Lots of us here on Ben Jones’ blog even back in 2006 or 2007 forecast RE to bottom in 2012. What if it’s like waiting for Godot? 2012 is not really far off. Like the perfessor says, resets on the way, lots of shadow inventory, add likely interest rate hikes and higher taxes (which rob people of house payments) and you have a housing recovery that will probably be much further into the future than three years. I don’t expect Time Magazine to put a SFH on the cover of Time in 2012 and pronounce real estate dead.
We have had some recent alarmist posts on here raising the scepter of hyperinflation. To this group, I have to ask: How does your heightened state of anxiety take into consideration housing prices which have recently dropped on a national basis at the fastest rate in the history of the U.S. real estate market? Does your “model” of inflation exclude home purchase prices from the equation, just like the Fed’s does?
It means we can save 260k on a med. priced home in a state that is about to go down like the Titanic.

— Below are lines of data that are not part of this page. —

// Reading a pixel.
ghost use Rattle.std.specs.Prelude.{◌≡◌};
ghost use Rattle.canvas.specs.Look.{reads, look, pixel_at};
ghost use Rattle.pixels.specs.Bytes.{Sized};
ghost use Rattle.canvas.specs.Walk.{lowered};

use crate::Refusal;
use crate::faults::judge;
use crate::span::{ORIGIN, lift};
use pixels::Canvas;
use words::Color;

// The color of a pixel of the canvas.
pub fn get_pixel(canvas: Canvas, bytes: &[u8], x: i32, y: i32) -> Result<Option<Color>, Refusal>
    ensures { reads result ≡ pixel_at canvas bytes.now x y }
{
    judge(canvas, bytes.len())?;
    Ok(pixel_at(canvas, bytes, lift(x), lift(y)))
}

// The color at a lifted point, if that is on the canvas.
fn pixel_at(canvas: Canvas, b: &[u8], p: u64, q: u64) -> Option<Color>
    requires { Sized canvas b.now }
    ensures { result ≡ look canvas b.now (lowered p) (lowered q) }
{
    if !crate::plot::on_canvas(canvas, p, q) {
        return None;
    }
    let x = (p - ORIGIN) as usize;
    let y = (q - ORIGIN) as usize;
    let raw = pixels::bytes::load_at(canvas, b, x, y);
    Some(words::to_color(canvas.format, raw))
}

That’s what I don’t understand about the folks who are so anxious to jump in and buy a California home right now. If they had been passengers on the Titanic, would these people have willingly chained their ankles to the deck of the ship as it began to sink?
probably
But drinks were half price!
I’m a backer of the stagflation hypothesis. Wages will be stagnant, unemployment high, low or no growth, and some prices will fall (house prices, rents) while others (food, energy, health care, education, commodities, gold) will rise. The kicker is that the monetary policy is easy money right now. Price inflation will have to follow. In stagflation, it is possible for house prices to continue falling. People dumping ten year notes and bonds will pressure long term rates to go up and that will make home buying less attractive.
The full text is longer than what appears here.